Fakt und Fiktion rund um den Facebook-Flop

Zwei Wochen nach dem Gang aufs Parkett wirken die gesamten Umstände rund um den Facebook-Börsengang verheerend. Doch ein genauerer Blick lohnt.

Statt des „Börsengang des Jahrhunderts“, wie die WirtschaftsWoche seinerzeit getitelt hat (vor dessen Kauf wir im Text aber auch gewarnt haben), ist das von Mark Zuckerberg geleitete Unternehmen beim Gang aufs Parkett mächtig ins Schleudern geraten. Von technischen Problemen durch den Börsenbetreiber Nasdaq am ersten Börsentag bis hin zu Gerüchten um Insiderwissen der Altaktionäre – auf den ersten Blick ist Mitte Mai alles schiefgegangen, was schieflaufen kann.

Nach fünf Handelstagen lag die Aktie bereits 13 Prozent im Minus. Schon damit hat sich Facebook laut einer Übersicht der Nachrichtenagentur „Bloomberg“ den unrühmlichen Titel „schlechtester Börsengang des Jahrzehnts“ gesichert. Damit nicht genug des freien Falls: Mit Kursen um die 28 Dollar hat das Papier zwischenzeitlich mehr als ein Viertel gegenüber dem Ausgabepreis von 38 Dollar verloren – wenn es auch gestern mit einem Plus von fünf Prozent erstmal wieder kräftig nach oben ging.

Andererseits, und darauf weist das „Wall Street Journal“ unter der Überschrift „Facts, Fiction and Flop“ hin, habe Facebook den Börsengang in einem schwierigen Umfeld angestrebt.
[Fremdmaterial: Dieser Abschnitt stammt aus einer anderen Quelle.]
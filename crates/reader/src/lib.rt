// A reader that keeps the text and its place, and hands out one sign at a time.

#![tactic(auto)]

ghost use Rattle.std.specs.Prelude.{◌≡◌};
ghost use Rattle.refusals.specs.Limits.{document01};
ghost use Rattle.signs.specs.Next.{next_sign};
ghost use Rattle.reader.specs.Reader.{behind};

use signs::Next;

// A text and a place in it.
#[derive(Clone, Copy, Debug, PartialEq, Eq)]
pub struct Reader<'a> {
    pub text: &'a [u8],
    pub at: usize,
}

// What a reader hands out, and where it then stands.
#[derive(Clone, Copy, Debug, PartialEq, Eq)]
pub struct Handed {
    pub next: Next,
    pub at: usize,
}

// Where a reader stands after what it handed out: directly behind a sign; at the end or a refusal it stays.
fn place_behind(at: usize, next: Next) -> usize
    ensures { result ≡ behind at next }
{
    match next {
        Ok(Some((_, end))) => end,
        Ok(None) => at,
        Err(_) => at,
    }
}

// What comes next at a place, and the place behind it.
fn hand_out(text: &[u8], at: usize) -> Handed
    ensures { (result.next ≡ next_sign document01 text.now at) × (result.at ≡ behind at result.next) }
{
    let next = signs::next_sign(text, at);
    Handed {
        next,
        at: place_behind(at, next),
    }
}

impl<'a> Reader<'a> {
    // A reader at a place of a text.
    pub fn open(text: &'a [u8], at: usize) -> Reader<'a>
        ensures { (result.text ≡ text.entry) × (result.at ≡ at) }
    {
        Reader { text, at }
    }

    // Hands out one sign and moves on.
    pub fn take_sign(&mut self) -> Next
        ensures { (result ≡ next_sign document01 self.old.text.now self.old.at) × (self.new.text ≡ self.old.text) × (self.new.at ≡ behind self.old.at result) }
    {
        let handed = hand_out(self.text, self.at);
        self.at = handed.at;
        handed.next
    }
}

// What a reader at a place of a text hands out first, and where it then stands.
pub fn sign_from(text: &[u8], at: usize) -> Handed
    ensures { (result.next ≡ next_sign document01 text.now at) × (result.at ≡ behind at result.next) }
{
    let mut reader = Reader::open(text, at);
    let next = reader.take_sign();
    Handed {
        next,
        at: reader.at,
    }
}
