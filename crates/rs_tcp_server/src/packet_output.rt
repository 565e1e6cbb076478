//! A writer that counts packets.

use rs_metrics::Meter;
use std::io;
use std::io::Write;

/// A writer to which packets are written. It is flushed behind each, and counts that.
#[derive(Drop)]
pub struct PacketOutput<W> {
    inner: W,
    meter: Meter,
}

impl<W> PacketOutput<W> {
    /// No packet was written.
    pub(crate) fn new(inner: W, meter: Meter) -> PacketOutput<W> {
        PacketOutput { inner, meter }
    }

    /// The writer.
    pub(crate) fn into_inner(self) -> W
    where
        W: Drop,
    {
        self.inner
    }
}

impl<W: Write> Write for PacketOutput<W> {
    ghost contents = { λ it. W.contents it.inner };

    fn write(&mut self, buf: &[u8]) -> io::Result<usize> {
        self.inner.write(buf)
    }

    fn flush(&mut self) -> io::Result<()> {
        self.inner.flush()?;
        self.meter.count_packet_out();
        Ok(())
    }
}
So läge etwa die Zahl der IPOs in diesem Jahr um 7,5 Prozent niedriger als 2011; und auch jenes Jahr sei mit 80 Börsengängen kein Blockbuster gewesen. Zwischen 2004 und 2006 strebten im Schnitt 254 Unternehmen an die Börse. War der Facebook-Börsengang also ein Flop, fragt der Autor – und antwortet: „Ja, in einer Zeit, in der viele Firmen diesen Schritt aus Angst vor einer Blamage nicht wagen.
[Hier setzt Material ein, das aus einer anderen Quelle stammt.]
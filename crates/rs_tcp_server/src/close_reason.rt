//! How a connection ended, in the words of the log.

use rs_metrics::End;
use rs_server::{ServeFault, Served};
use std::fmt;
use std::fmt::{Display, Formatter};

/// How a connection ended, for an operator.
#[derive(Clone, Copy, Debug, PartialEq, Eq)]
pub(crate) enum CloseReason {
    /// It was served to its end.
    Served(Served),
    /// Reading failed, or no byte came for too long.
    ReadFailed,
    /// Writing failed, or no byte was taken for too long.
    WriteFailed,
    /// Memory was refused.
    NoMemory,
}

impl CloseReason {
    /// How a connection ended that was served so. `unwritten` tells that the last read failed because what waited could not be
    /// written.
    pub(crate) fn new(served: Result<Served, ServeFault>, unwritten: bool) -> CloseReason {
        match served {
            Ok(served) => CloseReason::Served(served),
            Err(ServeFault::Read) if unwritten => CloseReason::WriteFailed,
            Err(ServeFault::Read) => CloseReason::ReadFailed,
            Err(ServeFault::Write) => CloseReason::WriteFailed,
            Err(ServeFault::NoMemory) => CloseReason::NoMemory,
        }
    }

    /// What is counted of it.
    pub(crate) fn counted(&self) -> End {
        match self {
            CloseReason::Served(Served::ClientClosed) => End::ClientDisconnected,
            CloseReason::Served(Served::EndOfInput) => End::EndOfInput,
            CloseReason::Served(Served::CutInput) => End::CutInput,
            CloseReason::Served(Served::ServerClosed(_)) => End::ClosedWithCode,
            CloseReason::Served(Served::Dropped) => End::ClosedSilently,
            CloseReason::ReadFailed => End::ReadFailed,
            CloseReason::WriteFailed => End::WriteFailed,
            CloseReason::NoMemory => End::OutOfMemory,
        }
    }

    /// Whether nothing more can be read or written.
    pub(crate) fn is_failed(&self) -> bool {
        matches!(self, CloseReason::ReadFailed | CloseReason::WriteFailed)
    }
}

impl Display for CloseReason {
    fn fmt<W: fmt::Write>(&self, f: &mut Formatter<W>) -> fmt::Result {
        match self {
            CloseReason::Served(Served::ClientClosed) => f.write_str("client disconnected"),
            CloseReason::Served(Served::EndOfInput) => f.write_str("end of input"),
            CloseReason::Served(Served::CutInput) => f.write_str("input cut inside a packet"),
            CloseReason::Served(Served::ServerClosed(code)) => write!(
                f,
                "closed by the server with 0x{code:02X}"
            ),
            CloseReason::Served(Served::Dropped) => f.write_str(
                "closed by the server without a reply",
            ),
            CloseReason::ReadFailed => f.write_str("the read failed or was idle"),
            CloseReason::WriteFailed => f.write_str("the write failed or was idle"),
            CloseReason::NoMemory => f.write_str("out of memory"),
        }
    }
}
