//! What watches the commits of a journal.

use crate::journal_state::JournalState;
use rs_journal_writer::{CommitOutcome, CommitWatch};
use rs_metrics::JournalNumbers;
use std::sync::Arc;
use std::time::{Clock, Instant};

/// How many bytes a page of a journal has.
pub(crate) const PAGE_BYTES: u64 = 1_024;

/// The numbers of a journal of so many pages that is not used yet.
pub(crate) fn first_numbers(pages: u32) -> JournalNumbers {
    JournalNumbers {
        commits: 0,
        micros: 0,
        written: 0,
        size: u64::from(pages) * PAGE_BYTES,
        is_refusing: false,
    }
}

/// Counts the commits of a journal, and tells how it fares.
#[derive(Drop)]
pub struct JournalWatch<H: Clock> {
    rt: H,
    state: Arc<JournalState>,
    numbers: JournalNumbers,
    // How many pages it had by the last call.
    pages: u32,
    // When the commit began that is under way. None if the clock cannot be read.
    began: Option<Instant>,
}

impl<H: Clock> JournalWatch<H> {
    /// Of a journal of so many pages.
    pub(crate) fn new(rt: H, state: Arc<JournalState>, pages: u32) -> JournalWatch<H> {
        JournalWatch {
            rt,
            state,
            numbers: first_numbers(pages),
            pages,
            began: None,
        }
    }

    /// How many microseconds the commit took that is under way, or none if the clock cannot be read.
    fn micros(&self) -> u64 {
        let Some(began) = &self.began else {
            return 0;
        };
        match began.elapsed(&self.rt) {
            Ok(took) => u64::try_from(took.as_micros()).unwrap_or(0),
            Err(_) => 0,
        }
    }

    /// The journal has so many pages, and so many were written.
    fn note_pages(&mut self, pages: u32, written: u32) {
        let bytes = u64::from(written) * PAGE_BYTES;
        self.numbers.written = self.numbers.written.saturating_add(bytes);
        self.numbers.size = u64::from(pages) * PAGE_BYTES;
        self.pages = pages;
    }
}

impl<H: Clock + Copy> CommitWatch for JournalWatch<H> {
    fn may_commit(&mut self) -> bool {
        !self.state.has_failed()
    }

    fn begins(&mut self) {
        self.state.begin();
        self.began = Instant::now(&self.rt).ok();
    }

    /// A commit writes whole pages behind those that there are.
    fn ends(&mut self, outcome: &CommitOutcome, page_count: u32) {
        self.numbers.micros = self.numbers.micros.saturating_add(self.micros());
        let written = match outcome {
            CommitOutcome::Kept => {
                self.numbers.commits = self.numbers.commits.saturating_add(1);
                page_count.saturating_sub(self.pages)
            }
            CommitOutcome::Refused(_) | CommitOutcome::Doubtful(_) => 0,
        };
        self.note_pages(page_count, written);
        self.state.end(outcome);
        self.state.show(self.numbers);
    }

    fn shortened(&mut self, before: u32, outcome: &CommitOutcome, page_count: u32) {
        let written = match outcome {
            // And the page that says where they begin.
            CommitOutcome::Kept => page_count.saturating_add(1),
            CommitOutcome::Refused(_) | CommitOutcome::Doubtful(_) => 0,
        };
        self.note_pages(page_count, written);
        self.state.shorten(before, outcome, page_count);
        self.state.show(self.numbers);
    }
}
Quelle: Business Insider/Bloomberg

Aufgrund des dramatischen Einbruchs der Aktien, der auch in den kommenden Tagen noch weitergehen könnte, kritisieren viele Beobachter den Ausgabepreis von 38 Dollar je Aktie als überhöht. Das sieht Mary Meeker, früher Internet-Analystin bei Moran Stanley und heutige Partnerin von Kleiner Perkins, indes nicht so: „Facebook hatte die Chance, auf einen Streich 16 Milliarden Dollar ins Unternehmen fließen zu lassen“, so Meeker auf der bis gestern laufenden D10-Konferenz des zum „Wall Street Journal“ gehörenden Technologie-Blogs All Things D.  „Die sind ein großartiges Unternehmen, das mit der Zeit gut laufen wird.“

Das sieht der New York Times“-Kolumnist Joe Nocera ganz ähnlich: „Facebooks brillantes Disaster“, hat er seine Einschätzung über den Börsengang in der vergangenen Woche betitelt. Die Hauptrivalen wie Google oder Apple hätten riesige Cash-Bestände. Daher sei es vernünftig, dass sich Facebook auch eine ordentlich gefüllte Kriegskasse zugelegt habe, um mit diesen konkurrieren zu können. „Darüber sollten sich Langfrist-Investoren freuen“, so Nocera.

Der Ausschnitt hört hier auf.